J Korean Ophthalmol Soc.  2016 May;57(5):700-704. 10.3341/jkos.2016.57.5.700.

Therapeutic Effect of Squeezing the Punctum and Lacrimal Canaliculus in Canaliculitis Patients

Affiliations
  • 1Department of Ophthalmology, Korea University College of Medicine, Seoul, Korea. shbaek6534@korea.ac.kr
  • 2Department of Ophthalmology, Cheonan Chungmu Hospital, Cheonan, Korea.

Abstract

PURPOSE
To report the therapeutic effect of squeezing the punctum and lacrimal canaliculus using Q-tips in canaliculitis patients.
METHODS
From March 2004 to February 2014, 42 eyes of 42 patients diagnosed with canaliculitis at our clinic were retrospectively analyzed. To remove the discharge and concretions, the punctum and lacrimal canaliculus were squeezed using Q-tips without invasive procedures.
RESULTS
The mean patient age was 56.39 years and mean follow-up period was 10.6 months. No statistical significance was observed in terms of rate of disease occurrence and mean age between males and females. Among the eyes analyzed, 30 (71.4%) were cured with only 1 squeezing procedure, 12 eyes (28.6%) required more than 2 procedures; 1 eye (2.3%) recurred and the period until recurrence was 3.8 months.
CONCLUSIONS
Most studies support surgical management as the definitive therapy for canaliculitis to remove concretions that serve as a reservoir for bacteria.

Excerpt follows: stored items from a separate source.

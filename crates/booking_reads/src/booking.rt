// How many bookings there are, which has a name, and single words of one and of its slot.
ghost use Rattle.std.specs.Prelude.{◌≡◌, ◌<◌, ◌≤◌, length};
ghost use Rattle.rules.specs.Layout.{
  size,
  most_bookings,
  slot_words,
  bookings,
  slot_of,
  confidence_of,
  entry,
};
ghost use Rattle.rules.specs.Sound.{Ledger};
ghost use Rattle.rules.specs.Book.{look_up};
ghost use Rattle.rules.specs.Readings.{accepted_of};

use rules::layout;

// How many bookings the ledger has.
pub fn how_many(w: &[u16]) -> usize
    requires { length w.now ≡ size }
    ensures { result ≡ bookings w.now }
{
    words::wide(words::header(w, layout::BOOKINGS))
}

// The number of the booking with the name.
pub fn find(w: &[u16], name: u64) -> Option<usize>
    requires { (length w.now ≡ size) × (bookings w.now ≤ most_bookings) }
    ensures { result ≡ look_up w.now name }
{
    (0..how_many(w)).find(|i| words::name(w, *i) == name)
}

// The slot of booking i.
pub fn slot_of(w: &[u16], i: usize) -> usize
    requires { (length w.now ≡ size) × (i < most_bookings) }
    ensures { result ≡ slot_of w.now i }
{
    words::wide_field(w, i, layout::SLOT)
}

// The confidence of booking i.
pub fn confidence_of(w: &[u16], i: usize) -> u16
    requires { (length w.now ≡ size) × (i < most_bookings) }
    ensures { result ≡ confidence_of w.now i }
{
    words::field(w, i, layout::CONFIDENCE)
}

// Whether booking i is accepted: the mark, which polls set.
pub fn is_accepted(w: &[u16], i: usize) -> bool
    requires { (length w.now ≡ size) × (i < most_bookings) }
    ensures { result ≡ accepted_of w.now i }
{
    words::field(w, i, layout::MARK) == 1
}

// Word f of the entry of booking j's slot.
pub fn entry_of(w: &[u16], j: usize, f: usize) -> u16
    requires { Ledger w.now × (j < bookings w.now) × (f < slot_words) }
    ensures { result ≡ entry w.now (slot_of w.now j) f }
{
    words::entry(w, slot_of(w, j), f)
}
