// What a taken poll writes: it is noted; on success the ancestry's members are raised, and each is settled; on failure their slots may be cleared. Names,
// votes and refusals are judged above.
#![tactic(auto)]

pub mod clearing;
pub mod raising;
pub mod settling;
pub mod walk;
pub mod writing;
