// Each member is settled in its slot: first the preference, then the last booking and the counter.
ghost use Rattle.std.specs.Prelude.{◌≡◌, ◌<◌, length};
ghost use Rattle.rules.specs.Layout.{most_bookings, slot_of};
ghost use Rattle.rules.specs.Poll.{prefer, follow, settled};
ghost use Rattle.bits.specs.Members.{bit_words, members_in};
ghost use Rattle.poll_writes.specs.Settling.{Settleable, Settling};

use crate::walk;
use crate::walk::Task;
use rules::layout;
use terms::edition;

// Strictly above the slot's preferred booking, or nothing moves: a tie keeps the preference.
fn prefer_one(w: &mut [u16], s: usize, j: usize)
    requires { Settleable w.old s × (j < most_bookings) }
    ensures { w.new ≡ prefer s j w.old }
{
    let preferred = words::wide(words::entry(w, s, layout::PREFERRED));
    let held = words::field(w, preferred, layout::CONFIDENCE);
    let own = words::field(w, j, layout::CONFIDENCE);
    if held < own {
        words::set_entry(w, s, layout::PREFERRED, j as u16);
    }
}

// The slot's last booking counts one more; another becomes last, and the edition says where it counts from.
fn follow_one(w: &mut [u16], s: usize, j: usize)
    requires { Settleable w.old s × (j < most_bookings) }
    ensures { w.new ≡ follow s j w.old }
{
    let last = words::wide(words::entry(w, s, layout::LAST));
    if last == j {
        let counter = words::entry(w, s, layout::COUNTER);
        words::set_entry(w, s, layout::COUNTER, counter + 1);
    } else {
        let start = edition::restart(words::header(w, layout::EDITION));
        words::set_entry(w, s, layout::LAST, j as u16);
        words::set_entry(w, s, layout::COUNTER, start);
    }
}

// Both for j, in this order.
fn settle_one(w: &mut [u16], j: usize)
    requires { Settleable w.old (slot_of w.old j) × (j < most_bookings) }
    ensures { w.new ≡ follow (slot_of w.old j) j (prefer (slot_of w.old j) j w.old) }
{
    let s = words::wide_field(w, j, layout::SLOT);
    prefer_one(w, s, j);
    follow_one(w, s, j);
}

struct Settles;

impl Task for Settles {
    ghost done = { λ j w. follow (slot_of w j) j (prefer (slot_of w j) j w) };

    ghost ready = { λ w j. Settleable w (slot_of w j) × (j < most_bookings) };

    fn act(w: &mut [u16], j: usize) {
        settle_one(w, j);
    }
}

// Each member below n in rising number.
pub fn settle(w: &mut [u16], members: &[u64], n: usize)
    requires { Settling w.old n × (length members.now ≡ bit_words) }
    ensures { w.new ≡ settled (members_in members.now) n w.old }
{
    walk::walk::<Settles>(w, members, n);
}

The gold standard treatments are curettage or canaliculotomy; however, these are not safe procedures and may result in epiphora in post-procedure patients due to the risk of lacrimal pump dysfunctioning or scarring of the canalicular system following invasive procedure. Squeezing punctum and lacrimal canaliculus only using Q-tips is effective in removing the canalicular concretions and without causing complications in the canalicular system.

Keyword

Canaliculitis; Punctum; Squeezing procedure

MeSH Terms

Bacteria
Cicatrix
Curettage
Female
Follow-Up Studies
Humans
Lacrimal Apparatus Diseases
Male
Recurrence
Retrospective Studies
Canaliculitis

Figure

  • Figure 1. Canaliculitis patient. Conjunctival injection, discharge on the lower punctum (A) and pouting punctum (B).

  • Figure 2. Canaliculitis patient. (A) Squeezing the punctum and lacrimal canaliculus using Q-tips. (B) Removal of the concretions and discharge from the canaliculus.